CSS, which was first described in 1974, can be caused by retrograde or insufficient blood flow through an ITA graft. Proximal stenosis of the SA was the most frequent cause.2)4)6) Incidence up to 3.4% after CABG was reported.2)5) The treatment for CSS was thoracotomy with aortosubclavian bypass, carotid subclavian bypass graft, and, more recently, angioplasty and stenting.10)13) Endovascular treatment in CSS due to SA stenosis after CABG has already been reported, and endovascular therapy with PTA and stenting appeared to be an effective treatment for CSS due to SA stenosis.2)6)10)13)14) On the other hand, cardiac and cerebral protection during SA stenting in CSS was not performed.2)6)10)13)14) Although native coronary stent angioplasty is performed with no distal embolic protection, the cardiac complication rate during SA angioplasty in CSS is unknown.

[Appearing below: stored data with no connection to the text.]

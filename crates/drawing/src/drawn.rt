// A drawing that is open: a file that passed its check, and what its first record says.
#![tactic(auto)]

ghost use Rattle.std.specs.Prelude.{◌≡◌, cond, ℕ, ◌<◌, ◌≤◌, [], Ok, Err, true, ltb, length, get_or, MatchResult};
ghost use Rattle.rows.specs.Numbers.{listed, rel, held};
ghost use Rattle.model.specs.Limits.{most_actions, given_relations, given_length};
ghost use Rattle.model.specs.Actions.{no_action};
ghost use Rattle.model.specs.Candidates.{action_ok, given};
ghost use Rattle.drawing.specs.Open.{Heads};
ghost use Rattle.drawing.specs.Files.{candidate_of, check_of, read_with};

use crate::PLACE_BYTES;
use model::limits::MOST_ACTIONS;
use model::refusals::Refusal;
use model::{Action, Header};

#[derive(Clone, Copy)]
pub struct Drawing<'a> {
    file: &'a [u8],
    head: Header,
    ghost good: { check_of file.now ≡ Ok head },
    ghost bytes: { (i : ℕ) → get_or file.now i 0 < 256 },
}

impl<'a> Drawing<'a> {
    // Opens a file of any bytes, if it passes its check.
    pub fn open(file: &'a [u8]) -> Result<Drawing<'a>, Refusal>
        ensures { MatchResult result (λ d. (d.file.now ≡ file.now) × (check_of file.now ≡ Ok d.head)) (λ r. check_of file.now ≡ Err r) }
    {
        let head = crate::check_file(file)?;
        Ok(Drawing { file, head })
    }

    // Opens it beside a store of `store` numbers and an order buffer of `order` bytes.
    pub fn read(file: &'a [u8], store: usize, order: usize) -> Result<Drawing<'a>, Refusal>
        ensures { MatchResult result (λ d. (d.file.now ≡ file.now) × (read_with file.now store order ≡ Ok d.head)) (λ r. read_with file.now store order ≡ Err r) }
    {
        let head = crate::check(file, store, order)?;
        Ok(Drawing { file, head })
    }

    // Its edition, N, T and P.
    pub fn head(&self) -> Header
        ensures value { result ≡ self.now.head }
        ensures heads { Heads (candidate_of self.now.file.now) result }
    {
        self.head
    }

    // Its place bytes.
    pub fn places(&self) -> &'a [u8]
        ensures { result.now ≡ (candidate_of self.now.file.now).places }
    {
        &self.file[PLACE_BYTES..PLACE_BYTES + self.head.p]
    }

    // Action i.
    pub fn action(&self, i: usize) -> Action
        requires { i < self.now.head.n }
        ensures value { result ≡ get_or (candidate_of self.now.file.now).acts i no_action }
        ensures kept { action_ok self.now.head.t self.now.head.p result ≡ true }
    {
        crate::action_at(self.file, self.head.p, i)
    }

    // Its actions, and none after them.
    pub fn actions(&self) -> [Action; MOST_ACTIONS]
        ensures { result ≡ listed most_actions (λ i. get_or (candidate_of self.now.file.now).acts i no_action) }
    {
        crate::actions(self.file, self.head.n, self.head.p)
    }

    // Relations 0 to 6 go to the front of the store; the relations after them stay.
    pub fn fill(&self, store: &mut [u64])
        requires { given_length ≤ length store.old }
        ensures { (j : ℕ) → held store.new j ≡ cond (ltb j given_relations) (rel (get_or (given (candidate_of self.now.file.now)) j [])) (held store.old j) }
    {
        crate::fill(self.file, store, self.head.n, self.head.p);
    }
}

On the other hand, the cerebral protection methods during stenting for stenosis of the right SA origin or IA proximal to the right SA origin have been reported. The anterior circulation was protected by placing a filter-wire or balloon protection device in the ICA, and the posterior circulation was protected by inflating the balloon of the catheter at the SA or by placing a filter-wire or balloon protection device in the VA.1)3)11)12) Therefore, we think that cardiac and cerebral protection should be performed simultaneously during SA stenting for CSS as well as the right SA origin or IA.

In the current case, we performed protection of the right ICA, VA, and ITA for cerebral and cardiac protection. ICA protection was performed to protect against distal embolization by plaque shift from the SA origin. We used a filter-wire for ICA protection to maintain antegrade flow. Stenting after predilation may result in distal embolization when retrograde flow in right VA and ITA changes into antegrade flow after predilation, therefore, right VA and ITA protection was performed. We used a balloon catheter for VA and ITA protection to induce retrograde flow in VA and ITA and to aspirate blood through the lumen of the balloon catheter.

Filter-protection of the ICA and balloon-protection of the VA and ITA provided cardiac and cerebral protection when stenting right SA stenosis in a patient with CSS after CABG.